Plato is, however, by no means so consistent and thorough as the
Chinese moralist, for having thus asserted that it is the
influence of music which molds the soul into virtue, he proceeds
to destroy his position with the statement that "we shall never
become truly musical until we know the essential forms of
temperance and courage and liberality and munificence," thus
moving in a circle. It must be added that the Greek conception of
music was very comprehensive and included poetry.
Aristotle took a wider view of music than Plato and admitted a
greater variety of uses for it. He was less anxious to exclude
those uses which were not strictly ethical. He disapproved,
indeed, of the Phrygian harmony as the expression of Bacchic
excitement. He accepts, however, the function of music as a
katharsis of emotion, a notion which is said to have originated
with the Pythagoreans. (For a discussion of Aristotle's views on
music, see W.L. Newman, _The Politics of Aristotle_, vol. i, pp.
Athenaeus, in his frequent allusions to music, attributes to it
many intellectual and emotional properties (e.g., Book XIV,
Chapter XXV) and in one place refers to "melodies inciting to
lawless indulgence" (Book XIII, Chapter LXXV).
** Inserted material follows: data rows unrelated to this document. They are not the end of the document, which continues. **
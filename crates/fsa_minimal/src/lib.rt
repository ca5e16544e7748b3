//! A small complete automaton of the same language: states from which the same words are accepted become one
//! (Hopcroft, An n log n algorithm for minimizing states in a finite automaton, 1971; Valmari, Fast brief practical
//! DFA minimization, 2012).
//!
//! - [`minimal`]: the same language over the same letters, by the fewest states.
//! - `refining`: splits the states into classes, as long as a letter tells two states of a class apart. States of
//!   different classes are proved to be apart: each split leaves a word that is accepted from exactly one of them.
//!   `partition`: states in classes. `inverse`: which states lead to a state.
//! - `folding`: the automaton with a state for each class that the start reaches.
//! - `checking`: whether that automaton goes on as the first one does, from which its language is proved, and whether
//!   the start reaches each of its states. No automaton has fewer states, since the words by which these are reached
//!   lead to different states of each automaton of the language (`specs/Fewest.antt`).
//!
//! Known weakness: that the classes are never too few, and so that the tests never fail, isn't proved. Where one
//! failed, `minimal` would give up with the error for memory, and not with a wrong automaton.
#![tactic(auto)]

mod checking;
mod folding;
mod inverse;
mod minimization;
mod partition;
mod refining;

pub use minimization::minimal;
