use crate::MOST_READ;
use regex_ast::{Define, Raw, ReadError};
use regex_reader::{read_expr, read_xfst};
use std::alloc::{AllocError, Global};

/// The most bytes that are said whole.
const MOST_SAID: usize = 400;

/// How many characters are said where there are more bytes.
const FIRST_SAID: usize = 100;

/// The line in which an entry stands.
const ENTRY_LINE: u32 = 7;

/// What is said of a text that is too long to be read.
const TOO_LONG: &str = "too long";

/// What is said of definitions: their trees, with names and lines.
fn said_of_definitions(alloc: Global, defines: &[Define<Raw>]) -> Result<String, AllocError> {
    if defines.is_empty() {
        return String::from_str(alloc, "no definition");
    }
    let mut said = String::new(alloc);
    'defines: for define in defines {
        let (line, name) = (define.line, define.name.as_str());
        let one = format!(in alloc; "{line} {name} = {:?};", define.expr)?;
        said.push_str(one.as_str())?;
    }
    cut(alloc, said)
}

/// What is said of a fault, unless there was no memory.
fn said_of_fault(alloc: Global, error: ReadError) -> Result<String, AllocError> {
    match error {
        ReadError::Fault { line, why } => format!(in alloc; "{line} {why:?}"),
        ReadError::Memory(error) => Err(error),
    }
}

/// What is said, or its beginning.
fn cut(alloc: Global, said: String) -> Result<String, AllocError> {
    if said.len() <= MOST_SAID {
        return Ok(said);
    }
    let mut begin = String::new(alloc);
    'characters: for character in said.as_str().chars().take(FIRST_SAID) {
        begin.push(character)?;
    }
    begin.push_str("..")?;
    Ok(begin)
}

/// What a text of definitions says: each with its line, its name and its tree, or the line and the reason of its fault.
/// Where that is long, its first 100 characters.
pub fn said_of_text(alloc: Global, text: &str) -> Result<String, AllocError> {
    if text.len() > MOST_READ {
        return String::from_str(alloc, TOO_LONG);
    }
    match read_xfst(alloc, text) {
        Ok(defines) => said_of_definitions(alloc, &defines),
        Err(error) => said_of_fault(alloc, error),
    }
}

/// What an expression says that stands in an entry: its tree, or the line and the reason of its fault.
pub fn said_of_entry(alloc: Global, text: &str) -> Result<String, AllocError> {
    if text.len() > MOST_READ {
        return String::from_str(alloc, TOO_LONG);
    }
    match read_expr(alloc, text, ENTRY_LINE) {
        Ok(expr) => cut(alloc, format!(in alloc; "{expr:?}")?),
        Err(error) => said_of_fault(alloc, error),
    }
}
We may gather from the _Priapeia_ (XXVI) that cymbals and
castanets were the special accompaniment in antiquity of wanton
songs and dances: "_cymbala, cum crotalis, pruriginis arma_."
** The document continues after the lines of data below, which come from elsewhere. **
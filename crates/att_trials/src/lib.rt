//! Reads the AT&T texts of rows, and tells each row and below it what came of it. The program worked_rows runs it on the rows of
//! data/trials/att_texts.
//!
//! A row is a field and its value. A value's text has the escapes of `row_texts`.
//!
//! - `read TEXT`: the network of a text, or its first fault. A network is told by its number of states, its edges `FROM UP:LOW TO`, where
//!   `0` is no symbol, and its final states.
//! - `symbols COUNT`: the number of edges of the network of a text with so many lines, each with a symbol of its own, or its first fault.
//!   `again COUNT`: the same of a text with one line more, whose symbol is that of the first one.
//!
//! A row with another field, as `#`, does nothing.
#![tactic(auto)]

mod reading;

use row_texts::{add_row, undone};
use std::alloc::{AllocError, Global};

/// What came of a row, if anything is to be told.
fn said_of_row(alloc: Global, row: &str) -> Result<Option<String>, AllocError> {
    let (field, value) = row.split_once(' ').unwrap_or((row, ""));
    let said = match field {
        "read" => reading::said_of_text(alloc, &undone(alloc, value)?),
        "symbols" => reading::said_of_symbols(alloc, value, false),
        "again" => reading::said_of_symbols(alloc, value, true),
        _ => return Ok(None),
    }?;
    Ok(Some(said))
}

/// What came of the rows of a text: each row with what came of it below.
///
/// # Errors
///
/// Where there was no memory.
pub fn said_of_rows(alloc: Global, rows: &str) -> Result<String, AllocError> {
    let mut told = String::new(alloc);
    'rows: for row in rows.lines() {
        if let Some(said) = said_of_row(alloc, row)? {
            add_row(
                &mut told,
                row,
                format!(in alloc; "    {}", said.as_str())?.as_str(),
            )?;
        }
    }
    Ok(told)
}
The ancient belief in the moralizing influence of music has
survived into modern times mainly in a somewhat more scientific
form as a belief in its therapeutic effects in disordered nervous
and mental conditions. (This also is an ancient belief as
witnessed by the well-known example of David playing to Saul to
dispel his melancholia.) In 1729 an apothecary of Oakham, Richard
Broune, published a work entitled _Medicina Musica_, in which he
argued that music was beneficial in many maladies. In more recent
days there have been various experiments and cases brought
forward showing its efficacy in special conditions.